_WHAT IS EXPECTED_
Among the lines below, some may hold the word "images"; state how many do, giving only the number.

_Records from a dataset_

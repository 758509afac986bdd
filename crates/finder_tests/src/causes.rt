//! Candidates and causes that are known.

ghost use Rattle.std.specs.Prelude.{◌≡◌, ◌<◌, ◌^◌, ◌∷◌, [], IfOk};

use cause_finder::{Candidate, CauseRefusal, causes};
use cq_steps::Closure;
use cq_terms::{Axiom, Basic, Clash, Conflicts, Cq, Fact, Ids, NoMemory, QAtom, Role, Term};
use fact_index::Index;
use perfect_ref::{CloseRefusal, close};
use std::alloc::Global;
use std::test::Fail;

const X: Term = Term::Var(0);

const Y: Term = Term::Var(1);

const Z: Term = Term::Var(2);

const ROLE: Role = Role {
    pred: 0,
    inverse: false,
};

const INVERSE: Role = Role {
    pred: 0,
    inverse: true,
};

/// A candidate: its tuple, and each cause with its member.
type Row<'a> = (&'a [u32], &'a [(&'a [u32], u32)]);

/// Whether the candidate is the row.
fn is(candidate: &Candidate, row: &Row) -> bool {
    let images = candidate.causes.as_slice();
    let members = candidate.members.as_slice();
    candidate.tuple.as_slice() == row.0
        && images.len() == row.1.len()
        && members.len() == row.1.len()
        && images.iter().zip(members).zip(row.1).all(|((image, member), (cause, place))| {
            image.as_slice() == *cause && member == place
        })
}

/// Whether the candidates are the rows.
fn are(candidates: &[Candidate], rows: &[Row]) -> bool {
    candidates.len() == rows.len()
        && candidates
            .iter()
            .zip(rows)
            .all(|(candidate, row)| is(candidate, row))
}

/// Whether the rows are the candidates of the query.
fn answers(
    alloc: Global,
    asked: &Cq,
    axioms: &[Axiom],
    index: &Index,
    conflicts: &Conflicts,
    rows: &[Row],
) -> Result<bool, Fail> {
    let closure = closed(alloc, asked, axioms)?;
    let found = found(alloc, axioms, &closure, index, conflicts, 3)?;
    Ok(are(&found, rows))
}

/// Why the causes of the query aren't answered under the limit.
fn refusal(
    alloc: Global,
    asked: &Cq,
    axioms: &[Axiom],
    index: &Index,
    conflicts: &Conflicts,
    limit: u64,
) -> Result<Option<CauseRefusal>, Fail> {
    let closure = closed(alloc, asked, axioms)?;
    Ok(found(alloc, axioms, &closure, index, conflicts, limit).err())
}

/// The closure of a query of at most twelve atoms under at most twelve axioms, which has at most ten members.
fn closed(alloc: Global, asked: &Cq, axioms: &[Axiom]) -> Result<Closure, CloseRefusal> {
    if asked.body().len() > 12 || axioms.len() > 12 {
        return Err(CloseRefusal::TooManyCqs);
    }
    let closure = close(alloc, asked, axioms, 10)?;
    Ok(closure)
}

/// The candidates under the closure, where the conflicts are of as many facts as the index has.
fn found(
    alloc: Global,
    axioms: &[Axiom],
    closure: &Closure,
    index: &Index,
    conflicts: &Conflicts,
    limit: u64,
) -> Result<Vec<Candidate>, CauseRefusal> {
    if conflicts.facts() != index.len() {
        return Err(CauseRefusal::NoMemory);
    }
    let found = causes(alloc, axioms, closure, index, conflicts, limit)?;
    Ok(found)
}

/// The first concept is below the second.
fn below(left: u32, right: u32) -> Axiom {
    Axiom::Sub {
        left: Basic::Concept(left),
        right: Basic::Concept(right),
    }
}

/// The query of the two lists.
fn query(alloc: Global, head: &[Term], body: &[QAtom]) -> Result<Cq, Fail> {
    let head = Vec::from_slice(alloc, head)?;
    let body = Vec::from_slice(alloc, body)?;
    let query = Cq::checked(head, body).ok_or("no query")?;
    Ok(query)
}

fn concept(pred: u32) -> QAtom {
    QAtom::Concept { pred, at: X }
}

/// No conflict.
fn no_conflict(alloc: Global, facts: u32) -> Result<Conflicts, NoMemory>
    requires few { facts < 2 ^ 31 }
{
    let conflicts = Conflicts::new(alloc, facts, Vec::new(alloc))?;
    Ok(conflicts)
}

fn clash_of_one(alloc: Global, fact: u32) -> Result<Clash, NoMemory>
    ensures { IfOk result (λ c. c ≡ record { facts = fact ∷ []; «axiom» = 0; member = 0 }) }
{
    let mut facts = Ids::new(alloc);
    facts.push(fact)?;
    Ok(Clash {
        facts,
        axiom: 0,
        member: 0,
    })
}

fn clash_of_two(alloc: Global, lower: u32, upper: u32) -> Result<Clash, NoMemory>
    ensures { IfOk result (λ c. c ≡ record { facts = lower ∷ upper ∷ []; «axiom» = 0; member = 0 }) }
{
    let mut facts = Ids::new(alloc);
    facts.push(lower)?;
    facts.push(upper)?;
    Ok(Clash {
        facts,
        axiom: 0,
        member: 0,
    })
}

/// Three concepts of one individual.
fn three_concepts(alloc: Global) -> Result<Index, NoMemory> {
    let index = Index::build(
        alloc,
        &[
            Fact::Concept { pred: 0, ind: 0 },
            Fact::Concept { pred: 1, ind: 0 },
            Fact::Concept { pred: 2, ind: 0 },
        ],
    )?;
    Ok(index)
}

#[test]
fn each_way_is_a_cause(rt: HostRuntime) -> Result<(), Fail> {
    let alloc = rt.alloc();
    let axioms = [below(0, 3), below(1, 3)];
    let index = three_concepts(alloc)?;
    let conflicts = no_conflict(alloc, 3)?;
    let asked = query(alloc, &[X], &[concept(3), concept(2)])?;
    let rows: [Row; 1] = [(&[0], &[(&[0, 2], 1), (&[1, 2], 2)])];
    assert!(rt; answers(alloc, &asked, &axioms, &index, &conflicts, &rows)?);
    assert_eq!(rt;
        refusal(alloc, &asked, &axioms, &index, &conflicts, 2)?,
        None
    );
    let refused = refusal(alloc, &asked, &axioms, &index, &conflicts, 1)?;
    assert_eq!(rt; refused, Some(CauseRefusal::TooManySupports));
    Ok(())
}

/// One fact that is self-inconsistent.
fn own_conflict(alloc: Global) -> Result<Conflicts, NoMemory> {
    let mut clashes = Vec::new(alloc);
    clashes.push(clash_of_one(alloc, 0)?)?;
    let conflicts = Conflicts::new(alloc, 1, clashes)?;
    Ok(conflicts)
}

/// One concept of one individual.
fn one_concept(alloc: Global) -> Result<Index, NoMemory> {
    let index = Index::build(alloc, &[Fact::Concept { pred: 0, ind: 0 }])?;
    Ok(index)
}

#[test]
fn a_self_inconsistent_candidate_has_no_cause(rt: HostRuntime) -> Result<(), Fail> {
    let alloc = rt.alloc();
    let axioms = [
        Axiom::Sub {
            left: Basic::Concept(0),
            right: Basic::Has(ROLE),
        },
        Axiom::Sub {
            left: Basic::Has(INVERSE),
            right: Basic::Concept(1),
        },
        Axiom::Disjoint {
            left: Basic::Has(INVERSE),
            right: Basic::Concept(1),
        },
    ];
    let index = one_concept(alloc)?;
    let conflicts = own_conflict(alloc)?;
    let asked = query(alloc, &[X], &[concept(0)])?;
    assert!(rt; answers(alloc, &asked, &axioms, &index, &conflicts, &[(&[0], &[])])?);
    Ok(())
}

/// A link from 0 to itself, and one each way between 0 and 1.
fn three_links(alloc: Global) -> Result<Index, NoMemory> {
    let index = Index::build(
        alloc,
        &[
            Fact::Link {
                pred: 0,
                from: 0,
                to: 0,
            },
            Fact::Link {
                pred: 0,
                from: 0,
                to: 1,
            },
            Fact::Link {
                pred: 0,
                from: 1,
                to: 0,
            },
        ],
    )?;
    Ok(index)
}

/// Fact 0 is self-inconsistent, and facts 1 and 2 conflict.
fn link_conflicts(alloc: Global) -> Result<Conflicts, NoMemory> {
    let mut clashes = Vec::new(alloc);
    clashes.push(clash_of_one(alloc, 0)?)?;
    clashes.push(clash_of_two(alloc, 1, 2)?)?;
    let conflicts = Conflicts::new(alloc, 3, clashes)?;
    Ok(conflicts)
}

/// A link of the role 0.
fn link(from: Term, to: Term) -> QAtom {
    QAtom::Link { pred: 0, from, to }
}

#[test]
fn links_that_clash_are_no_causes(rt: HostRuntime) -> Result<(), Fail> {
    let alloc = rt.alloc();
    let axioms = [Axiom::DisjointRole {
        left: ROLE,
        right: INVERSE,
    }];
    let index = three_links(alloc)?;
    let conflicts = link_conflicts(alloc)?;
    let asked = query(alloc, &[X, Y], &[link(X, Y)])?;
    let rows: [Row; 3] = [
        (&[0, 0], &[]),
        (&[0, 1], &[(&[1], 0)]),
        (&[1, 0], &[(&[2], 0)]),
    ];
    assert!(rt; answers(alloc, &asked, &axioms, &index, &conflicts, &rows)?);
    Ok(())
}

#[test]
fn a_join_of_two_may_rest_on_one_fact(rt: HostRuntime) -> Result<(), Fail> {
    let alloc = rt.alloc();
    let axioms = [Axiom::Sub {
        left: Basic::Concept(0),
        right: Basic::Has(ROLE),
    }];
    let index = one_concept(alloc)?;
    let conflicts = no_conflict(alloc, 1)?;
    let asked = query(alloc, &[X], &[link(X, Y), link(Z, Y)])?;
    let rows: [Row; 1] = [(&[0], &[(&[0], 2)])];
    assert!(rt; answers(alloc, &asked, &axioms, &index, &conflicts, &rows)?);
    Ok(())
}

/// Two individuals in one concept.
fn two_members(alloc: Global) -> Result<Index, NoMemory> {
    let index = Index::build(
        alloc,
        &[
            Fact::Concept { pred: 0, ind: 0 },
            Fact::Concept { pred: 0, ind: 1 },
        ],
    )?;
    Ok(index)
}

#[test]
fn a_query_without_head_has_one_candidate(rt: HostRuntime) -> Result<(), Fail> {
    let alloc = rt.alloc();
    let index = two_members(alloc)?;
    let conflicts = no_conflict(alloc, 2)?;
    let asked = query(alloc, &[], &[concept(0)])?;
    let rows: [Row; 1] = [(&[], &[(&[0], 0), (&[1], 0)])];
    assert!(rt; answers(alloc, &asked, &[], &index, &conflicts, &rows)?);
    Ok(())
}
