//! One session of the program over streams in memory.

use crate::calls::failing;
use crate::session_rows::{File, Row};
use gdb_cli::run_debugger;
use gdb_server::Streams;
use row_texts::{bytes, words};
use rtr_io::{MemSink, MemSource};
use std::alloc::{AllocError, Global};

/// Room for the longest output of a row, and the most bytes that a call of a stream moves.
const ROOM: usize = 10_000;

/// The bytes of a file.
fn bytes_of(alloc: Global, file: File) -> Result<Vec<u8>, AllocError> {
    let File(front, zeros, back) = file;
    let mut all = bytes(alloc, front)?;
    for _ in 0..zeros {
        all.push(0)?;
    }
    let back = bytes(alloc, back)?;
    all.extend_from_slice(back.as_slice())?;
    Ok(all)
}

/// A source of these bytes, of which the call with this number fails.
fn source(alloc: Global, bytes: Vec<u8>, fails: u64) -> Result<MemSource, AllocError> {
    Ok(MemSource::new(bytes, failing(alloc, fails)?, ROOM))
}

/// A sink of which the call with this number fails.
fn sink(alloc: Global, fails: u64) -> Result<MemSink, AllocError> {
    MemSink::new(alloc, ROOM, failing(alloc, fails)?, ROOM)
}

/// What there is before a row's call: its words, the one file, and what is sent.
#[derive(Drop)]
struct Given {
    words: Vec<String>,
    file: MemSource,
    input: MemSource,
}

/// That of a row.
fn prepared(alloc: Global, row: &Row) -> Result<Given, AllocError> {
    let words = words(alloc, row.words)?;
    let file = source(alloc, bytes_of(alloc, row.file)?, row.file_fails)?;
    let input = source(alloc, row.sent.to_vec(alloc)?, row.input_fails)?;
    Ok(Given { words, file, input })
}

/// The status with which the call ends. A file of another name is empty.
fn status(
    alloc: Global,
    given: Given,
    there: &str,
    output: MemSink,
    report: &mut MemSink,
) -> (u8, MemSink) {
    let Given { words, file, input } = given;
    let mut streams = Streams { input, output };
    let exit = run_debugger(
        alloc,
        words.as_slice(),
        move |name: &str| {
            if name.as_bytes() == there.as_bytes() {
                file
            } else {
                MemSource::new(Vec::new(alloc), Vec::new(alloc), ROOM)
            }
        },
        &mut streams,
        report,
    );
    (exit.status(), streams.output)
}

/// Whether the row's call comes to what the row says.
pub fn is_held(alloc: Global, row: &Row) -> Result<bool, AllocError> {
    let given = prepared(alloc, row)?;
    let output = sink(alloc, row.output_fails)?;
    let mut report = sink(alloc, 0)?;
    let (status, output) = status(alloc, given, row.name, output, &mut report);
    let said = output.bytes() == row.said && report.bytes() == row.report.as_bytes();
    Ok(status == row.status && said)
}
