//! The rows, one by one.

use crate::calls::ask;
use crate::core_rows::ROWS;
use std::test::Fail;

#[test]
fn each_row_is_answered(rt: HostRuntime) -> Result<(), Fail> {
    for row in &ROWS {
        let answer = ask(rt.alloc(), row)?;
        assert_eq!(rt; answer.status, row.status);
        assert_eq!(rt; answer.given, row.given);
        assert_eq!(rt; answer.sum, row.sum);
        assert!(rt; answer.report.as_slice() == row.report.as_bytes());
    }
    Ok(())
}
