//! One call of the program over streams in memory.

use crate::core_rows::Row;
use gdb_cli::write_core;
use row_texts::{bytes, words};
use rtr_io::{MemSink, MemSource};
use std::alloc::{AllocError, Global};

/// Room for the longest output of a row.
const ROOM: usize = 10_000;

/// How a call ended, and what it gave.
#[derive(Drop)]
pub struct Answer {
    pub status: u8,
    pub given: usize,
    pub sum: u32,
    pub report: Vec<u8>,
}

/// The list of one call that fails, or of none for 0.
pub fn failing(alloc: Global, call: u64) -> Result<Vec<u64>, AllocError> {
    let mut calls = Vec::new(alloc);
    if call > 0 {
        calls.push(call)?;
    }
    Ok(calls)
}

/// The sum of the bytes, by FNV-1a.
fn sum_of(bytes: &[u8]) -> u32 {
    let mut sum = 0x811c_9dc5;
    for byte in bytes {
        sum = (sum ^ *byte as u32).wrapping_mul(0x0100_0193);
    }
    sum
}

/// The answer to a row.
pub fn ask(alloc: Global, row: &Row) -> Result<Answer, AllocError> {
    let words = words(alloc, row.words)?;
    let mut input = MemSource::new(
        bytes(alloc, row.input)?,
        failing(alloc, row.input_fails)?,
        ROOM,
    );
    let mut output = MemSink::new(
        alloc,
        ROOM,
        failing(alloc, row.output_fails)?,
        row.most.max(1),
    )?;
    let mut report = MemSink::new(alloc, ROOM, Vec::new(alloc), ROOM)?;
    let exit = write_core(
        alloc,
        words.as_slice(),
        &mut input,
        &mut output,
        &mut report,
    );
    Ok(Answer {
        status: exit.status(),
        given: output.bytes().len(),
        sum: sum_of(output.bytes()),
        report: report.bytes().to_vec(alloc)?,
    })
}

_SOLUTION TO THIS EXERCISE_
3